Ask Amy: Lifelong father/son hurt resurfaces
Dear Amy: My husband’s biological father left him and his mom when he was 2 years old. They haven’t seen each other in decades. We live on the other side of the country.
My husband just learned that his dad has stage 4 cancer.
My husband says he feels ready for his father to die so he can be done wondering if he’ll ever reach out to apologize.
His dad’s name recently popped up as a suggested friend on his Facebook page and my husband wondered if maybe his father will try to reach out that way. My husband doesn’t want to be the one to reach out, which I fully understand. It’s not his job to do that — he’s the child in this situation.
I feel pulled to introduce myself online to his father or maybe his aunt to see if there’s a willingness to communicate with my husband. My husband says he’s numb and doesn’t like talking about it, but I wonder how he will feel when any chance to get an apology or acknowledgement of his hurt is totally gone.
My husband says he would want his bio dad to reach out on his own terms. Would I be hurting him and breaking our trust if I do this on my own?
I want to honor his feelings, but I also believe in the humanity of other people and the chance to heal. Should I leave this alone? — Let it Be?
Dear Let it Be: The odds that your husband’s father will reach out and either acknowledge or apologize for leaving him in childhood are low. The whole topic is simply too big for a late-life reveal.
A suggested friend on Facebook is simply someone whose “friend” network crosses paths with yours. In this case, the FB algorithm did its work.
But your husband isn’t “the child” in this situation. He is a man, numbed by disappointment. If he doesn’t connect with his father, the father’s death will not bring relief or comfort from all of this pent-up hostility. If they do manage to connect, the hurt and sadness will also surface.
Reconciliation is its own reward. Reconciliation in this context would be your husband’s realization that he will not likely receive what he wants from a man who has never been able to give it. Reconciliation is not stuffing down your feelings, but letting them surface and being willing to feel them, in order to accept what is. His father is flawed, cowardly, and perhaps also “numb.”
Your husband might want to “lurk” a little bit on his father’s social media in order to see photos and view these common ties. You should NOT connect with his family members without asking first. Ask: “Honey, why don’t I make this connection, and we can see how it goes? I’ll be the buffer, and stay beside you the whole way.”
Dear Amy: When doing a DNA test, I discovered that my uncle (who is now 95 years old) has a son he didn’t know about and has never met!
This son is now about 75, and lives in another state.
Our whole family now knows about our uncle’s son, but we are hesitant to inform him. He and my aunt have a son (my cousin), and he is aware of this, but my aunt and uncle are not. They have been happily married for years.

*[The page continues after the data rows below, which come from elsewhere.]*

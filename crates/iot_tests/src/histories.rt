//! Records of each of a client's changes, as they were written by hand.
ghost use Rattle.std.specs.Prelude.{IfOk};
ghost use Rattle.iot_kept.specs.Kept.{IsSynced};

use crate::fixtures::recorded;
use iot_disk::{Disk, MemDisk};
use iot_kept::{Kept, StartFault};
use iot_text::{NoMemory, Path};
use iot_tree::Kind;
use std::alloc::Global;
use std::test::Fail;

/// The root alone is held, and is whole.
const HELD: &[u8] = b"\x01\0\0\0\0\0\0\0\x01\0\0\0\0\0\0\0\0\x01";

/// Transactions 1 to 5 began: script `e`, which is run again if it conflicts, or waits to be decided by hand, or is given up.
const FIRST: &[u8] = b"\x02\0\0\0\0\0\0\0\x01\0\0\0\0\0\0\0\x01e\x01";

const SECOND: &[u8] = b"\x02\0\0\0\0\0\0\0\x02\0\0\0\0\0\0\0\x01e\x04";

const THIRD: &[u8] = b"\x02\0\0\0\0\0\0\0\x03\0\0\0\0\0\0\0\x01e\x03";

const FOURTH: &[u8] = b"\x02\0\0\0\0\0\0\0\x04\0\0\0\0\0\0\0\x01e\x03";

const FIFTH: &[u8] = b"\x02\0\0\0\0\0\0\0\x05\0\0\0\0\0\0\0\x01e\x03";

/// The root alone was brought for the first, the second or the third, and is whole.
const FETCHED_FIRST: &[u8] = b"\x03\0\0\0\0\0\0\0\x01\0\0\0\0\0\0\0\x01\0\0\0\0\0\0\0\0\x01";

const FETCHED_SECOND: &[u8] = b"\x03\0\0\0\0\0\0\0\x02\0\0\0\0\0\0\0\x01\0\0\0\0\0\0\0\0\x01";

const FETCHED_THIRD: &[u8] = b"\x03\0\0\0\0\0\0\0\x03\0\0\0\0\0\0\0\x01\0\0\0\0\0\0\0\0\x01";

/// For the first, the second or the third nothing was at `/d`, and the root is a directory; `/d` was made.
const ACTED_FIRST: &[u8] =
    b"\x04\0\0\0\0\0\0\0\x01\0\0\0\0\0\0\0\x02\x01\0\0\0\0\0\0\0\x01\0\0\0\0\0\0\0\x01d\x02\
    \x01\0\0\0\0\0\0\0\0\x03\x02\0\0\0\0\0\0\0\x01\0\0\0\0\0\0\0\x01d\0\0\0\0\0\0\0\0";

const ACTED_SECOND: &[u8] =
    b"\x04\0\0\0\0\0\0\0\x02\0\0\0\0\0\0\0\x02\x01\0\0\0\0\0\0\0\x01\0\0\0\0\0\0\0\x01d\x02\
    \x01\0\0\0\0\0\0\0\0\x03\x02\0\0\0\0\0\0\0\x01\0\0\0\0\0\0\0\x01d\0\0\0\0\0\0\0\0";

const ACTED_THIRD: &[u8] =
    b"\x04\0\0\0\0\0\0\0\x03\0\0\0\0\0\0\0\x02\x01\0\0\0\0\0\0\0\x01\0\0\0\0\0\0\0\x01d\x02\
    \x01\0\0\0\0\0\0\0\0\x03\x02\0\0\0\0\0\0\0\x01\0\0\0\0\0\0\0\x01d\0\0\0\0\0\0\0\0";

/// The same for the first, but the root was not asked.
const UNGUARDED: &[u8] =
    b"\x04\0\0\0\0\0\0\0\x01\0\0\0\0\0\0\0\x01\x01\0\0\0\0\0\0\0\x01\0\0\0\0\0\0\0\x01d\x02\
    \x02\0\0\0\0\0\0\0\x01\0\0\0\0\0\0\0\x01d\0\0\0\0\0\0\0\0";

/// The first or the second ended.
const ENDED_FIRST: &[u8] = b"\x05\0\0\0\0\0\0\0\x01";

const ENDED_SECOND: &[u8] = b"\x05\0\0\0\0\0\0\0\x02";

/// The first, the second or the third was cut, and keeps no act or one.
const CUT_FIRST: &[u8] = b"\x06\0\0\0\0\0\0\0\x01\0\0\0\0\0\0\0\0";

const CUT_FIRST_AT_ONE: &[u8] = b"\x06\0\0\0\0\0\0\0\x01\0\0\0\0\0\0\0\x01";

const CUT_SECOND: &[u8] = b"\x06\0\0\0\0\0\0\0\x02\0\0\0\0\0\0\0\0";

const CUT_SECOND_AT_ONE: &[u8] = b"\x06\0\0\0\0\0\0\0\x02\0\0\0\0\0\0\0\x01";

const CUT_THIRD_AT_ONE: &[u8] = b"\x06\0\0\0\0\0\0\0\x03\0\0\0\0\0\0\0\x01";

const CONFLICTED: &[u8] = b"\x07";

/// Script `e` was run with a budget of 1, did nothing, and asked nothing of the tree before it.
const RESOLVED: &[u8] = b"\x08\0\0\0\0\0\0\0\x01e\0\0\0\0\0\0\0\x01\0\0\0\0\0\0\0\0\
    \0\0\0\0\0\0\0\0\0\0\0\0\0\0\0\0\0\0\0\0\0\0\0\0";

/// Script `e` is to be run.
const REPAIRED: &[u8] = b"\x09\0\0\0\0\0\0\0\x01e";

const LEFT: &[u8] = b"\x0a";

/// The first or the second starts again.
const AGAIN_FIRST: &[u8] = b"\x0b\0\0\0\0\0\0\0\x01";

const AGAIN_SECOND: &[u8] = b"\x0b\0\0\0\0\0\0\0\x02";

/// The first is resolved and leaves, and the second is cut.
const DAY: &[&[u8]] = &[
    HELD,
    FIRST,
    ACTED_FIRST,
    ENDED_FIRST,
    SECOND,
    CONFLICTED,
    RESOLVED,
    CUT_SECOND,
    LEFT,
];

/// The second is decided by hand, repaired and resolved; then the third begins, and starts again on what was brought.
const WEEK: &[&[u8]] = &[
    HELD,
    FIRST,
    ENDED_FIRST,
    SECOND,
    CUT_SECOND,
    LEFT,
    CONFLICTED,
    REPAIRED,
    RESOLVED,
    LEFT,
    THIRD,
    ACTED_THIRD,
    FETCHED_THIRD,
    ACTED_THIRD,
];

/// The third conflicts, and is given up.
const GIVEN_UP: &[&[u8]] = &[
    HELD,
    FIRST,
    ENDED_FIRST,
    LEFT,
    SECOND,
    CUT_SECOND,
    LEFT,
    THIRD,
    ACTED_THIRD,
    CUT_THIRD_AT_ONE,
    CONFLICTED,
];

/// Two run, and both make `/d`. The first ends, so that what the second has read does not hold any more.
const BOTH: &[&[u8]] = &[HELD, FIRST, SECOND, ACTED_FIRST, ACTED_SECOND, ENDED_FIRST];

/// What cannot follow which bodies, and the place where it is damage.
const DAMAGE: &[(&[&[u8]], &[&[u8]], u64)] = &[
    // Nothing runs and nothing waits yet, and the number of the first is 1.
    (
        &[],
        &[
            SECOND,
            FETCHED_FIRST,
            ACTED_FIRST,
            ENDED_FIRST,
            CUT_FIRST,
            CONFLICTED,
            RESOLVED,
            REPAIRED,
            LEFT,
            AGAIN_FIRST,
            b"\x0c",
        ],
        100,
    ),
    // One runs. The root that is known at first is far, so that `/d` is away.
    (
        &[FIRST],
        &[
            FIRST,
            THIRD,
            ACTED_FIRST,
            ENDED_SECOND,
            CUT_FIRST_AT_ONE,
            AGAIN_FIRST,
            LEFT,
        ],
        128,
    ),
    (&[HELD, FIRST], &[UNGUARDED], 155),
    (&[HELD, FIRST, ACTED_FIRST], &[ACTED_FIRST], 236),
    // One waits, and then it is to be resolved.
    (
        &[FIRST, ENDED_FIRST],
        &[HELD, FIRST, FETCHED_FIRST, ENDED_FIRST, RESOLVED, REPAIRED],
        146,
    ),
    (
        &[FIRST, ENDED_FIRST, CONFLICTED],
        &[CONFLICTED, REPAIRED, LEFT],
        156,
    ),
    (&[FIRST, ENDED_FIRST, SECOND], &[FETCHED_SECOND], 174),
    // Four run.
    (&[FIRST, SECOND, THIRD, FOURTH], &[FIFTH], 212),
    // Two run. Both could end. The one with the least number is cut first, and keeps all that holds.
    (
        &[HELD, FIRST, SECOND, ACTED_FIRST],
        &[CUT_FIRST, CUT_SECOND, AGAIN_FIRST, AGAIN_SECOND],
        264,
    ),
    // One runs, whose act does not hold any more: it may start again, or be cut without the act.
    (BOTH, &[ENDED_SECOND, CUT_SECOND_AT_ONE, ACTED_SECOND], 363),
];

/// What is kept on a disk that is restarted.
fn started<D: Disk + Drop>(alloc: Global, mut disk: D) -> Result<Kept<D>, StartFault>
    ensures { IfOk result (λ kept. IsSynced D.medium kept) }
{
    disk.restart();
    match Kept::start(alloc, disk) {
        Ok(kept) => Ok(kept),
        Err((_, fault)) => Err(fault),
    }
}

/// A running transaction: its number, whether it is first class, how many acts it has, and what its own view has at `/d`.
type Seen = (u64, bool, usize, Kind);

/// The number and the budget of the first that waits.
fn head_of<D: Disk>(kept: &Kept<D>) -> Option<(u64, u64)> {
    match kept.queue().head() {
        Some(item) => Some((item.tid, item.budget)),
        None => None,
    }
}

/// What records lead to: the running transactions, the first that waits and how many do, the last number, and what is at `/d` in the held
/// tree and in the view.
#[derive(Drop)]
struct After {
    running: Vec<Seen>,
    head: Option<(u64, u64)>,
    waiting: usize,
    last: u64,
    held: Kind,
    view: Kind,
}

/// Each that runs, in the order of their numbers.
fn running_of<D: Disk>(alloc: Global, kept: &Kept<D>, path: &Path) -> Result<Vec<Seen>, NoMemory>
    requires { IsSynced D.medium kept.now }
{
    let mut seen = Vec::new(alloc);
    for it in kept.running() {
        seen.push((it.tid, it.first, it.acts.len(), it.view().kind(path)))?;
    }
    Ok(seen)
}

/// What these bodies lead to, and the last one if there is one.
fn seen_after(alloc: Global, bodies: &[&[u8]], last: Option<&[u8]>) -> Result<After, Fail> {
    seen_on(alloc, MemDisk::of(alloc, recorded(alloc, bodies, last)?)?)
}

/// What this disk leads to.
fn seen_on<D: Disk + Drop>(alloc: Global, disk: D) -> Result<After, Fail> {
    let kept = started(alloc, disk)?;
    seen(alloc, &kept)
}

/// What is kept.
fn seen<D: Disk>(alloc: Global, kept: &Kept<D>) -> Result<After, Fail>
    requires { IsSynced D.medium kept.now }
{
    let path = Path::parse(alloc, b"/d")?;
    Ok(After {
        running: running_of(alloc, kept, &path)?,
        head: head_of(kept),
        waiting: kept.queue().items().len(),
        last: kept.last(),
        held: kept.held().kind(&path),
        view: kept.view().kind(&path),
    })
}

#[test]
fn what_a_transaction_did_stays(rt: HostRuntime) -> Result<(), Fail> {
    let alloc = rt.alloc();
    let seen = seen_after(alloc, DAY, None)?;
    assert!(rt; seen.running.is_empty());
    assert_eq!(rt; seen.head, Some((2, 0)));
    assert_eq!(rt; (seen.waiting, seen.last), (1, 2));
    assert_eq!(rt; seen.held, Kind::IsDir);
    Ok(())
}

#[test]
fn a_transaction_starts_again(rt: HostRuntime) -> Result<(), Fail> {
    let alloc = rt.alloc();
    let seen = seen_after(alloc, WEEK, None)?;
    assert_eq!(rt;
        seen.running.as_slice(),
        [(3, false, 1, Kind::IsDir)].as_slice()
    );
    assert_eq!(rt; (seen.waiting, seen.last), (0, 3));
    // What it made is in its own view alone.
    assert_eq!(rt; (seen.held, seen.view), (Kind::Absent, Kind::Absent));
    Ok(())
}

#[test]
fn a_conflict_may_be_given_up(rt: HostRuntime) -> Result<(), Fail> {
    let alloc = rt.alloc();
    let seen = seen_after(alloc, GIVEN_UP, None)?;
    assert!(rt; seen.running.is_empty());
    assert_eq!(rt; (seen.waiting, seen.last), (0, 3));
    assert_eq!(rt; seen.held, Kind::IsDir);
    Ok(())
}

/// Two that run see neither what the other has made nor what has ended since they began.
#[test]
fn each_has_a_view_of_its_own(rt: HostRuntime) -> Result<(), Fail> {
    let alloc = rt.alloc();
    let two = seen_after(alloc, &[HELD, FIRST, SECOND, ACTED_FIRST], None)?;
    assert_eq!(rt;
        two.running.as_slice(),
        [(1, false, 1, Kind::IsDir), (2, false, 0, Kind::Absent)].as_slice()
    );
    assert_eq!(rt; (two.held, two.view), (Kind::Absent, Kind::Absent));
    let one = seen_after(alloc, BOTH, None)?;
    assert_eq!(rt;
        one.running.as_slice(),
        [(2, false, 1, Kind::IsDir)].as_slice()
    );
    assert_eq!(rt; (one.waiting, one.last), (1, 2));
    assert_eq!(rt; (one.held, one.view), (Kind::Absent, Kind::IsDir));
    Ok(())
}

/// The one whose act does not hold any more starts again on the view, or is cut without the act.
#[test]
fn what_does_not_hold_any_more_is_dropped(rt: HostRuntime) -> Result<(), Fail> {
    let alloc = rt.alloc();
    let again = seen_after(alloc, BOTH, Some(AGAIN_SECOND))?;
    assert_eq!(rt;
        again.running.as_slice(),
        [(2, false, 0, Kind::IsDir)].as_slice()
    );
    assert_eq!(rt; (again.head, again.waiting), (Some((1, 4_096)), 1));
    let cut = seen_after(alloc, BOTH, Some(CUT_SECOND))?;
    assert!(rt; cut.running.is_empty());
    assert_eq!(rt; (cut.waiting, cut.last), (2, 2));
    Ok(())
}

/// Whether this disk is damaged at this place.
fn is_damaged<D: Disk + Drop>(alloc: Global, disk: D, at: u64) -> Result<bool, StartFault> {
    match started(alloc, disk) {
        Ok(_) => Ok(false),
        Err(StartFault::Damaged { at: place }) => Ok(place == at),
        Err(fault) => Err(fault),
    }
}

/// Whether each of the later bodies is damage at this place after these.
fn are_damaged(
    alloc: Global,
    bodies: &[&[u8]],
    later: &[&[u8]],
    at: u64,
) -> Result<bool, StartFault> {
    for last in later {
        let disk = MemDisk::of(alloc, recorded(alloc, bodies, Some(last))?)?;
        if !is_damaged(alloc, disk, at)? {
            return Ok(false);
        }
    }
    Ok(true)
}

#[test]
fn what_cannot_follow_is_damage(rt: HostRuntime) -> Result<(), Fail> {
    let alloc = rt.alloc();
    for (bodies, later, at) in DAMAGE {
        assert!(rt; are_damaged(alloc, bodies, later, *at)?);
    }
    Ok(())
}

My uncle is doing very well, but we are concerned about causing any upheaval at his age. Should we tell him about his long-lost son? Or should we avoid any potential turmoil that learning about this could cause? — Perplexed Relative
Dear Perplexed: This decision should be up to your cousin (your uncle’s son, who you say is aware of this DNA discovery).
I can imagine a wide range of reactions to this news, including a positive one. But you should be supportive of whatever decision your cousin makes concerning disclosing this shocking news to his parents.
Dear Amy: “Worried” said her elderly stepmother was thinking of temporarily abandoning her father, who has dementia.
As someone who facilitates a caregiver support group for people caring for someone with dementia, I want to commend you for your insightful response. You were firm, clear and compassionate in delivering a difficult wake-up to a daughter grieving the loss of her father, but unable to face the reality of her own role in a difficult circumstance. — Tough Love
Dear Tough Love: Caregiving for someone with dementia is not a one-person job. “Worried’s” stepmother desperately needs respite.